| EXERCISE |
Take the lines below beginning at the line that has "let before = self.made.fetch_add(1, Ordering::SeqCst);" and stopping after the line that has "made = made.saturating_add(tried);", and print them exactly as they are, with no other lines.

| SOURCE MATERIAL |
--------------------

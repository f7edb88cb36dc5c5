//! How far a hunt is: a record in the log for each run that it made.

use command_words::HuntRequest;
use log::{Log, debug};
use std::sync::atomic::{AtomicU64, Ordering};

/// The target of the records of how far a hunt is. The pair `made` of such a record is how many runs are made by then,
/// and its message says it in words; a record without that pair says that the hunt is over.
pub const PROGRESS: &str = "progress";

/// The runs that a hunt made, which many threads count together. No promise rests on the numbers.
#[derive(Drop)]
pub(crate) struct MadeRuns<'a, L> {
    log: &'a L,
    /// Whether no record is made.
    quiet: bool,
    /// How many runs are asked for.
    asked: u64,
    /// How many of these were made.
    made: AtomicU64,
    /// How many more were made to make a schedule small.
    tried: AtomicU64,
}

impl<'a, L: Log> MadeRuns<'a, L> {
    /// None is made yet, which is the first record.
    pub(crate) fn new(log: &'a L, request: &HuntRequest<'_>) -> MadeRuns<'a, L> {
        let runs = MadeRuns {
            log,
            quiet: request.quiet,
            asked: request.range.count,
            made: AtomicU64::new(0),
            tried: AtomicU64::new(0),
        };
        runs.note(0);
        runs
    }

    /// Makes a record of so many runs, unless the hunt is quiet.
    fn note(&self, made: u64) {
        if !self.quiet {
            debug!(self.log; target: PROGRESS, made = made; "{made} of {} runs", self.asked);
        }
    }

    /// Adds a run.
    pub(crate) fn add(&self) {
        let before = self.made.fetch_add(1, Ordering::SeqCst);
        self.note(before.saturating_add(1));
    }

    /// Adds a run that is made to make a schedule small.
    pub(crate) fn add_trial(&self) {
        let before = self.tried.fetch_add(1, Ordering::SeqCst);
        if self.quiet {
            return;
        }
        let tried = before.saturating_add(1);
        let made = self.made.load(Ordering::SeqCst);
        debug!(self.log; target: PROGRESS, made = made.saturating_add(tried);
            "{made} of {} runs, and {tried} to make the schedule small", self.asked);
    }

    /// The hunt is over, which is the last record.
    pub(crate) fn end(&self) {
        if !self.quiet {
            debug!(self.log; target: PROGRESS, "the hunt is over");
        }
    }
}
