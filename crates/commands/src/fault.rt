//! Why a command is refused.

ghost use Rattle.std.specs.Prelude.{◌≡◌};

use crate::files::{FileFault, InputFile};
use crate::quotes::{ImportNames, Quote};
use adapter::FrameFault;
use binary_decoder::DecodeFault;
use debug_views::ViewFault;
use pick_schedule::ScheduleFault;
use replica::GatherFault;
use thiserror::Error;
use thread_plan::PlanFault;
use validator::ValidFault;
use wasm_record::PiecesFault;
use wasm_replay::Unreplayed;
use wasm_types::NoMemory;

/// Why a command is refused. `text` is the line that the program writes, without its end.
#[derive(Clone, Copy, Debug, PartialEq, Eq, Error)]
pub enum Fault {
    /// This file was not read.
    File(FileFault, InputFile),
    /// The bytes of the module spell none of the integer profile within the limits. The reason names an import that is no
    /// memory.
    Decode(DecodeFault, ImportNames),
    /// The module is not well typed.
    Valid(ValidFault),
    /// The text of the plan spells none for the module. The reason quotes that of it.
    Plan(PlanFault, Quote),
    /// The text of the schedule spells none. The reason quotes that of it.
    Schedule(ScheduleFault, Quote),
    /// There are no pieces of the size.
    Pieces(PiecesFault),
    /// The piece lines give no log.
    Gather(GatherFault),
    /// The log is not replayed to its end, or to where it stops.
    Replay(Unreplayed),
    /// The bytes of the view can't be shown.
    View(ViewFault),
    /// Refusal 71: none of the runs is caught.
    NotCaught,
    /// Refusal 72: the run that is caught has more than 1,000,000 picks, and so no schedule.
    TooLong,
    /// Refusal 73: what came is no message of the protocol of debug adapters. The reason says why.
    BadFrame(FrameFault),
    /// Refusal 23: memory for the command line or for a text could not be had.
    NoMemory,
    /// Refusal 45: writing failed, after a beginning was written.
    SinkFailed,
}

impl From<NoMemory> for Fault {
    ghost use Rattle.commands.specs.declared.fault.Fault.TheVariants as faults;

    ghost from_gives = { λ _ fault. fault ≡ faults.NoMemory };

    fn from(_refused: NoMemory) -> Fault {
        Fault::NoMemory
    }
}
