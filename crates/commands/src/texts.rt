//! The texts of faults, and of lines that were passed over.

ghost use Rattle.std.specs.Prelude.{◌≡◌, ◌≤◌, ◌+◌, ◌++◌, ◌∷◌, length};
ghost use Rattle.std.specs.Fmt.{decimal};
ghost use Rattle.arrayvec.specs.ArrayString.{array_string_len};
ghost use Rattle.commands.specs.Texts.{fault_text, file_text, decode_text, valid_text, plan_text, schedule_text, pieces_text, gather_text, replay_text, refusal_text, view_text, skipped_text};

use crate::fault::Fault;
use crate::files::FileFault;
use arrayvec::ArrayString;
use binary_decoder::DecodeFault;
use debug_views::ViewFault;
use debugger::put_number;
use pick_schedule::ScheduleFault;
use replica::{GatherFault, Skipped};
use std::fmt;
use thread_plan::PlanFault;
use validator::ValidFault;
use wasm_record::PiecesFault;
use wasm_replay::{ReplayFault, WasmReplayFault};

// A text without a number.
fn plain(head: &str) -> ArrayString<64>
    requires { length head.now ≤ 63 }
    ensures text { result.bytes ≡ head.now }
    ensures short { array_string_len result ≤ 63 }
{
    let mut text = ArrayString::<64>::new();
    text.push_str(head);
    text
}

// A text with a number behind it.
fn numbered(head: &str, number: u64) -> ArrayString<64>
    requires { length head.now ≤ 43 }
    ensures text { result.bytes ≡ head.now ++ decimal number }
    ensures short { array_string_len result ≤ 63 }
{
    let mut text = plain(head);
    put_number(&mut text, number);
    text
}

// A text with two numbers behind it.
fn placed(head: &str, first: u64, second: u64) -> ArrayString<64>
    requires { length head.now ≤ 22 }
    ensures text { result.bytes ≡ head.now ++ (decimal first ++ 32 ∷ decimal second) }
    ensures short { array_string_len result ≤ 63 }
{
    let mut text = plain(head);
    put_number(&mut text, first);
    text.push_str(" ");
    put_number(&mut text, second);
    text
}

// The same of numbers of 32 bits.
fn at_place(head: &str, first: u32, second: u32) -> ArrayString<64>
    requires { length head.now ≤ 22 }
    ensures text { result.bytes ≡ head.now ++ (decimal first ++ 32 ∷ decimal second) }
    ensures short { array_string_len result ≤ 63 }
{
    placed(head, u64::from(first), u64::from(second))
}

/// The line that tells how many lines were passed over, without its end: `skipped`, the bad ones, those of other runs.
pub fn skipped_text(skipped: &Skipped) -> ArrayString<64>
    ensures text { result.bytes ≡ skipped_text skipped.now }
    ensures short { array_string_len result ≤ 63 }
{
    placed("skipped ", skipped.bad, skipped.foreign)
}

fn text_of_file(fault: &FileFault) -> ArrayString<64>
    ensures text { result.bytes ≡ file_text fault.now }
    ensures short { array_string_len result ≤ 63 }
{
    match *fault {
        FileFault::NotRead => plain("refused 44 SourceFailed"),
        FileFault::NoMemory => plain("refused 23 NoMemory"),
    }
}

fn text_of_decode(fault: &DecodeFault) -> ArrayString<64>
    ensures text { result.bytes ≡ decode_text fault.now }
    ensures short { array_string_len result ≤ 63 }
{
    match *fault {
        DecodeFault::Refused { offset, .. } => numbered("refused 1 Refused ", u64::from(offset)),
        DecodeFault::TooLarge { .. } => plain("refused 2 TooLarge"),
        DecodeFault::NoMemory => plain("refused 3 NoMemory"),
    }
}

fn text_of_valid(fault: &ValidFault) -> ArrayString<64>
    ensures text { result.bytes ≡ valid_text fault.now }
    ensures short { array_string_len result ≤ 63 }
{
    match *fault {
        ValidFault::Invalid { function: None, .. } => plain("refused 11 Invalid module"),
        ValidFault::Invalid {
            function: Some(function),
            instruction,
            ..
        } => at_place("refused 11 Invalid ", function, instruction),
        ValidFault::NoMemory => plain("refused 12 NoMemory"),
    }
}

fn text_of_plan(fault: &PlanFault) -> ArrayString<64>
    ensures text { result.bytes ≡ plan_text fault.now }
    ensures short { array_string_len result ≤ 63 }
{
    match *fault {
        PlanFault::BadLine { line, .. } => numbered("refused 13 BadLine ", line),
        PlanFault::NoExport { line, .. } => numbered("refused 14 NoExport ", line),
        PlanFault::WrongArguments { line, .. } => { numbered("refused 15 WrongArguments ", line) }
        PlanFault::NotShared => plain("refused 16 NotShared"),
        PlanFault::SegmentOutOfBounds => plain("refused 17 SegmentOutOfBounds"),
        PlanFault::NoMemory => plain("refused 12 NoMemory"),
    }
}

fn text_of_schedule(fault: &ScheduleFault) -> ArrayString<64>
    ensures text { result.bytes ≡ schedule_text fault.now }
    ensures short { array_string_len result ≤ 63 }
{
    match *fault {
        ScheduleFault::BadLine { line, .. } => numbered("refused 18 BadSchedule ", line),
        ScheduleFault::NoMemory => plain("refused 23 NoMemory"),
    }
}

fn text_of_pieces(fault: &PiecesFault) -> ArrayString<64>
    ensures text { result.bytes ≡ pieces_text fault.now }
    ensures short { array_string_len result ≤ 63 }
{
    match *fault {
        PiecesFault::Empty => plain("refused 31 Empty"),
        PiecesFault::TooMany => plain("refused 32 TooMany"),
        PiecesFault::NoMemory => plain("refused 23 NoMemory"),
    }
}

fn text_of_gather(fault: &GatherFault) -> ArrayString<64>
    ensures text { result.bytes ≡ gather_text fault.now }
    ensures short { array_string_len result ≤ 63 }
{
    match *fault {
        GatherFault::OtherRun { line, .. } => numbered("refused 41 OtherRun ", line),
        GatherFault::NoMemory => plain("refused 42 NoMemory"),
        GatherFault::BadLine { line, .. } => numbered("refused 43 BadLine ", line),
        GatherFault::SourceFailed => plain("refused 44 SourceFailed"),
        GatherFault::SinkFailed => plain("refused 45 SinkFailed"),
    }
}

fn text_of_replay(fault: &ReplayFault) -> ArrayString<64>
    ensures text { result.bytes ≡ replay_text fault.now }
    ensures short { array_string_len result ≤ 63 }
{
    match *fault {
        ReplayFault::Clash { thread, place } => at_place("refused 52 Clash ", thread, place),
        ReplayFault::Missing { thread, place } => at_place("refused 53 Missing ", thread, place),
        ReplayFault::Shut => plain("refused 54 Shut"),
        ReplayFault::Diverged { thread, place } => at_place("refused 55 Diverged ", thread, place),
        ReplayFault::NoMemory => plain("refused 56 NoMemory"),
        ReplayFault::Stuck => plain("refused 57 Stuck"),
    }
}

fn text_of_refusal(fault: &WasmReplayFault) -> ArrayString<64>
    ensures text { result.bytes ≡ refusal_text fault.now }
    ensures short { array_string_len result ≤ 63 }
{
    match fault {
        WasmReplayFault::OtherRun => plain("refused 51 OtherRun"),
        WasmReplayFault::OldProfile => plain("refused 58 OldProfile"),
        WasmReplayFault::Replay(fault) => text_of_replay(fault),
    }
}

fn text_of_view(fault: &ViewFault) -> ArrayString<64>
    ensures text { result.bytes ≡ view_text fault.now }
    ensures short { array_string_len result ≤ 63 }
{
    match *fault {
        ViewFault::OutOfView => plain("refused 61 OutOfView"),
        ViewFault::NoMemory => plain("refused 62 NoMemory"),
    }
}

impl Fault {
    /// The line that tells the fault, without its end: `refused`, the number, the name, and perhaps numbers.
    pub fn text(&self) -> ArrayString<64>
        ensures text { result.bytes ≡ fault_text self.now }
        ensures short { array_string_len result ≤ 63 }
    {
        match self {
            Fault::File(fault, _) => text_of_file(fault),
            Fault::Decode(fault, _) => text_of_decode(fault),
            Fault::Valid(fault) => text_of_valid(fault),
            Fault::Plan(fault, _) => text_of_plan(fault),
            Fault::Schedule(fault, _) => text_of_schedule(fault),
            Fault::Pieces(fault) => text_of_pieces(fault),
            Fault::Gather(fault) => text_of_gather(fault),
            Fault::Replay(refused) => text_of_refusal(&refused.fault),
            Fault::View(fault) => text_of_view(fault),
            Fault::NotCaught => plain("refused 71 NotCaught"),
            Fault::TooLong => plain("refused 72 TooLong"),
            Fault::BadFrame(_) => plain("refused 73 BadFrame"),
            Fault::NoMemory => plain("refused 23 NoMemory"),
            Fault::SinkFailed => plain("refused 45 SinkFailed"),
        }
    }
}

impl fmt::Display for Fault {
    ghost use Rattle.std.specs.Prelude.{Some};

    ghost output = { λ fault. Some (fault_text fault) };

    fn fmt<W: fmt::Write>(&self, f: &mut fmt::Formatter<W>) -> fmt::Result {
        write!(f, "{}", self.text())
    }
}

--------------------

| WRITTEN RESPONSE |
        let before = self.made.fetch_add(1, Ordering::SeqCst);
        self.note(before.saturating_add(1));
    }

    /// Adds a run that is made to make a schedule small.
    pub(crate) fn add_trial(&self) {
        let before = self.tried.fetch_add(1, Ordering::SeqCst);
        if self.quiet {
            return;
        }
        let tried = before.saturating_add(1);
        let made = self.made.load(Ordering::SeqCst);
        debug!(self.log; target: PROGRESS, made = made.saturating_add(tried);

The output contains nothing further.